Data excerpts

%%

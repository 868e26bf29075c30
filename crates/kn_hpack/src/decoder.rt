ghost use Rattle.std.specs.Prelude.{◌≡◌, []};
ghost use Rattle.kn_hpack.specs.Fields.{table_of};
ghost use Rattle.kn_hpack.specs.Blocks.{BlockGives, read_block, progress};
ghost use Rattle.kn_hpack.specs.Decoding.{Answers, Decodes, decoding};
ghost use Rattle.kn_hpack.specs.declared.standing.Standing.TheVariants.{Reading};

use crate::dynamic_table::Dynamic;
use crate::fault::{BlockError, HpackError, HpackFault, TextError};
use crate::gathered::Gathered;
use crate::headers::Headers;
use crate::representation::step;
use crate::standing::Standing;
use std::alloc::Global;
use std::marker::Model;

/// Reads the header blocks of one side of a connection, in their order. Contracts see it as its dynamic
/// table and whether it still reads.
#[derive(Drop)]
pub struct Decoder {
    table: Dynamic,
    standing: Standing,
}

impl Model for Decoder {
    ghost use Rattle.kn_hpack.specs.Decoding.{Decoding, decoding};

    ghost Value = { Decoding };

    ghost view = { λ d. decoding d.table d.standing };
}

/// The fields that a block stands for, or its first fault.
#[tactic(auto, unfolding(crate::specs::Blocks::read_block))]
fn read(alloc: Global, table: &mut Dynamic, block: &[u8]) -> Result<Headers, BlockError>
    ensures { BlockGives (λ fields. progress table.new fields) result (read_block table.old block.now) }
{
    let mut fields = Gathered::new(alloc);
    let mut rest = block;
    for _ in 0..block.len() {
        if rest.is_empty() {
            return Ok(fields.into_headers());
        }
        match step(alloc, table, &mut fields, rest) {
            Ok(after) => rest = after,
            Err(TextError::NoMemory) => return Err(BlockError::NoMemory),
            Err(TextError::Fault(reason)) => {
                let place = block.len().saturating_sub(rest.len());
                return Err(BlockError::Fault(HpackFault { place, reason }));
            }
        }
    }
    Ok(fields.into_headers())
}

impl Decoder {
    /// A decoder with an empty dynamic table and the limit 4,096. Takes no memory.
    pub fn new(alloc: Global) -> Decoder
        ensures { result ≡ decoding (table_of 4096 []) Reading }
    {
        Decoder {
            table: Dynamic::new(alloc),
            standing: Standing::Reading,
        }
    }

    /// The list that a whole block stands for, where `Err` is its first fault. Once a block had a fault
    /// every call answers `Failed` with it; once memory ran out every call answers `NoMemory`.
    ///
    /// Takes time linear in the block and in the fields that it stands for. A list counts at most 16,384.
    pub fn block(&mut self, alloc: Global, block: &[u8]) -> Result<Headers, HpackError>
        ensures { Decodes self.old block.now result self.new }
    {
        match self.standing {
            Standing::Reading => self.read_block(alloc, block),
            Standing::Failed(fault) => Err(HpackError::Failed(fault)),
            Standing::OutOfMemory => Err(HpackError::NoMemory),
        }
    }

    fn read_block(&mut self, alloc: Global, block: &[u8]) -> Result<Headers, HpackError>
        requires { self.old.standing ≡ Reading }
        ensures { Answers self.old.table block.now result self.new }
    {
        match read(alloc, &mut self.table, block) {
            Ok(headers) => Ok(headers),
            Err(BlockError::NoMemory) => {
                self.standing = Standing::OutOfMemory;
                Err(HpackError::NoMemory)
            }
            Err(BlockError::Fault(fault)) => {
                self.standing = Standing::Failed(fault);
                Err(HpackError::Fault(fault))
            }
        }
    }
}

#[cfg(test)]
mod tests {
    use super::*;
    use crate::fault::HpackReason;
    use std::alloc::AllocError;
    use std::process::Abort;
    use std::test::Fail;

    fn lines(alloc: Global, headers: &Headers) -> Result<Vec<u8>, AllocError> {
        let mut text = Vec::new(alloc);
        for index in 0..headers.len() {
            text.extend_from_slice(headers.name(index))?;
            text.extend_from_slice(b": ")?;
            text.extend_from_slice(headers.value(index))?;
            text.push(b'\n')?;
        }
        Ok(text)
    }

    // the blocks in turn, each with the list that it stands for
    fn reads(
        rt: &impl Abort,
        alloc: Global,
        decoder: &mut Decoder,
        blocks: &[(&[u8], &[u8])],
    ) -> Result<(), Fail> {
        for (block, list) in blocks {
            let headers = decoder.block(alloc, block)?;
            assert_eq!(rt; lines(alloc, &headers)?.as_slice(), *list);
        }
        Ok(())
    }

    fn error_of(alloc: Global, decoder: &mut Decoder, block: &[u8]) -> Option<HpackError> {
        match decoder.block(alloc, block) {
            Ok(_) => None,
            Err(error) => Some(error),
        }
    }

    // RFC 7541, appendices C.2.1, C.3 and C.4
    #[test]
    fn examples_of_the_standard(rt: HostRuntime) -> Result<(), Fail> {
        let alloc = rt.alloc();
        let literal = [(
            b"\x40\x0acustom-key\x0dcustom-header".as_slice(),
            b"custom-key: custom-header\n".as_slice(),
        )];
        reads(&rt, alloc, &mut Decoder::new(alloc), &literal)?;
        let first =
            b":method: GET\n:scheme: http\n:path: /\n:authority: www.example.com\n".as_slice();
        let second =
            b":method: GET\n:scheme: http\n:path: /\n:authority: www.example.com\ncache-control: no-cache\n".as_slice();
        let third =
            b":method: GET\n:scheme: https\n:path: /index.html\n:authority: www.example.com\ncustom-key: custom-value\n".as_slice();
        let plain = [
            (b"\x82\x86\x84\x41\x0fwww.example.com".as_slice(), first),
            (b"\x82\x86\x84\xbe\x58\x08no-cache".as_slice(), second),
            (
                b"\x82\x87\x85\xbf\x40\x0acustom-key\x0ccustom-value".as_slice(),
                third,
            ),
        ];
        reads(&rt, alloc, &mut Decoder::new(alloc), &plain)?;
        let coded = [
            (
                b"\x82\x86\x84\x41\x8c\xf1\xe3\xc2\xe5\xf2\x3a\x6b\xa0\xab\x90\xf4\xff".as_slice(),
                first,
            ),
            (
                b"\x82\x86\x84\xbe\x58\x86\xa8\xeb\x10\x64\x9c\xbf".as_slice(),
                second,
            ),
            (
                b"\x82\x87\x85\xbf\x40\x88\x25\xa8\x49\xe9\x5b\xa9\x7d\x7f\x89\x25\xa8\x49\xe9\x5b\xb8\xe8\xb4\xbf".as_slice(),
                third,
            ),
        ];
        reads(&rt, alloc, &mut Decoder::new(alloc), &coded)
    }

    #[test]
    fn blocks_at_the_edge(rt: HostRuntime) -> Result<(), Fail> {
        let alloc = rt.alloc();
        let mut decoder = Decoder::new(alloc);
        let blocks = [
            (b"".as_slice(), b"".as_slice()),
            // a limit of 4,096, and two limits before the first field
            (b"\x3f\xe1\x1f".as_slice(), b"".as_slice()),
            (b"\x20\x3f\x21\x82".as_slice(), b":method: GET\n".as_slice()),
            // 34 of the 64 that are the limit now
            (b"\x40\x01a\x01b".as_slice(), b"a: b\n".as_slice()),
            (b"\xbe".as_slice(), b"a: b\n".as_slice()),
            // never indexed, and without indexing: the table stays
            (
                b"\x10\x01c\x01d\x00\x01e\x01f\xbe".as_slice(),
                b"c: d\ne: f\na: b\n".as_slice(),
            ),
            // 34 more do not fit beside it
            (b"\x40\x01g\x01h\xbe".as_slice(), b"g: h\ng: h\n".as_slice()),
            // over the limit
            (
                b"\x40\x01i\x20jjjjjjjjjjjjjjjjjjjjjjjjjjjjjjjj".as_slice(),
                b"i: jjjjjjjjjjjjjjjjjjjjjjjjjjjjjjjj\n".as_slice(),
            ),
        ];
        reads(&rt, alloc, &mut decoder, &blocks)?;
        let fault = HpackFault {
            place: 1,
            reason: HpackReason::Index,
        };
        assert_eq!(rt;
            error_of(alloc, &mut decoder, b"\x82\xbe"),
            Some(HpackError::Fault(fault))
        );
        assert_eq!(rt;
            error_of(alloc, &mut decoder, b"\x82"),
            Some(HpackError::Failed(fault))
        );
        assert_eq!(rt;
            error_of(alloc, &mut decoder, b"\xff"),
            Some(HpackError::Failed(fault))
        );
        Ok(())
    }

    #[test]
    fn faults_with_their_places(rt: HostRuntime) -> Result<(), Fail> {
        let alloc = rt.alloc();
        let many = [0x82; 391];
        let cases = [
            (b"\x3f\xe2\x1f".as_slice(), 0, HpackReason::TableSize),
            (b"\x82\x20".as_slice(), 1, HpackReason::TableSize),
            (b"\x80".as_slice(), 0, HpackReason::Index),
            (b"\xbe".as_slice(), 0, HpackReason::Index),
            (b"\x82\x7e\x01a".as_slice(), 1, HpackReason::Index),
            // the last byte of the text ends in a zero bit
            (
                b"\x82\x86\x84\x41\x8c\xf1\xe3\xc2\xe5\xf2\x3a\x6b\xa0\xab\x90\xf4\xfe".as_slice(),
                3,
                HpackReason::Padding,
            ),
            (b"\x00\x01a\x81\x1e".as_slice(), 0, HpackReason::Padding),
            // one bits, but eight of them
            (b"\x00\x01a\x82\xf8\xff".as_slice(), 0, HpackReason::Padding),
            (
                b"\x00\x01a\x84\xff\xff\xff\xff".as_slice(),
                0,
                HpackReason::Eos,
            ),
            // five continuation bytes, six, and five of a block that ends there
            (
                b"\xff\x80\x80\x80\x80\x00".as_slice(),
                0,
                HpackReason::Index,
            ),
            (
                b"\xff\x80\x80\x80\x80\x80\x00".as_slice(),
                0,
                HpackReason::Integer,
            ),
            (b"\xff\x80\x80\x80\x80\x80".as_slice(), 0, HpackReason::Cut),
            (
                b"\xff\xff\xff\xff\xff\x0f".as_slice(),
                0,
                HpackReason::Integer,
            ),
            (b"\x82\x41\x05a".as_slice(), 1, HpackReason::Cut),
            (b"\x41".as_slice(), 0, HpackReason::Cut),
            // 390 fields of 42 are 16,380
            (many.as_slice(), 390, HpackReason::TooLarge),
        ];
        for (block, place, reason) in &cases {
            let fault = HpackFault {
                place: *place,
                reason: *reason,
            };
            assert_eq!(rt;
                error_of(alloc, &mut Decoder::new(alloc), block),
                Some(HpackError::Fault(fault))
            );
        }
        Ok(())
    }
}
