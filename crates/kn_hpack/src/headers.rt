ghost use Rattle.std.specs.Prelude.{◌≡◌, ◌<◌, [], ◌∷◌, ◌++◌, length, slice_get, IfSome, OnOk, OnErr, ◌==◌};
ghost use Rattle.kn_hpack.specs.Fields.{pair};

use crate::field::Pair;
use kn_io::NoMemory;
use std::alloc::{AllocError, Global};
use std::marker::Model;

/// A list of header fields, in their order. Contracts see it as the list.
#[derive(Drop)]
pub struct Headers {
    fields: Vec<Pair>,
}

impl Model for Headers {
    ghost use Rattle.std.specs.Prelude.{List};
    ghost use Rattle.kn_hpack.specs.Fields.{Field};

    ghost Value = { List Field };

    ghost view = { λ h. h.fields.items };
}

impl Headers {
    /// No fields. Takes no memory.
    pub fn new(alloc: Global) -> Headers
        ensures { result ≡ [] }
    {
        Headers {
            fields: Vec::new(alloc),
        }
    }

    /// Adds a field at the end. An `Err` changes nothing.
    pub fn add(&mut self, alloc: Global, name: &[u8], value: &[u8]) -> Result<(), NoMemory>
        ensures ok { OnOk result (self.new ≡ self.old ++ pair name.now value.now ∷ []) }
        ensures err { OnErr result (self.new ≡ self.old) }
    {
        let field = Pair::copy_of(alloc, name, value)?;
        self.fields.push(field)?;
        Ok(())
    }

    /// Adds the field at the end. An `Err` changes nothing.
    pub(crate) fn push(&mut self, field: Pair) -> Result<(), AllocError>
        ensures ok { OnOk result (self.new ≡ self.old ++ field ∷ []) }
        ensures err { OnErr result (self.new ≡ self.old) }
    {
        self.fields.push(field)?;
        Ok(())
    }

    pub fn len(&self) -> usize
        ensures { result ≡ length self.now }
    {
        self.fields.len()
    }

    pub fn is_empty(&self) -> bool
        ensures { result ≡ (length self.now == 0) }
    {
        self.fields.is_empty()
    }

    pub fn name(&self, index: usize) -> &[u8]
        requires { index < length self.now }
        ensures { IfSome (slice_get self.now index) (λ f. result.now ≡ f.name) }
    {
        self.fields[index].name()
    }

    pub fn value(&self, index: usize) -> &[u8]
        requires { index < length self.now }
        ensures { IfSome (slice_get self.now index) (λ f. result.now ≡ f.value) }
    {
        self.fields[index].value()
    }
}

%%

Lines that hold the word "progress" are the ones to copy from the entries above.

Task result:
ghost use Rattle.kn_hpack.specs.Blocks.{BlockGives, read_block, progress};
    ensures { BlockGives (λ fields. progress table.new fields) result (read_block table.old block.now) }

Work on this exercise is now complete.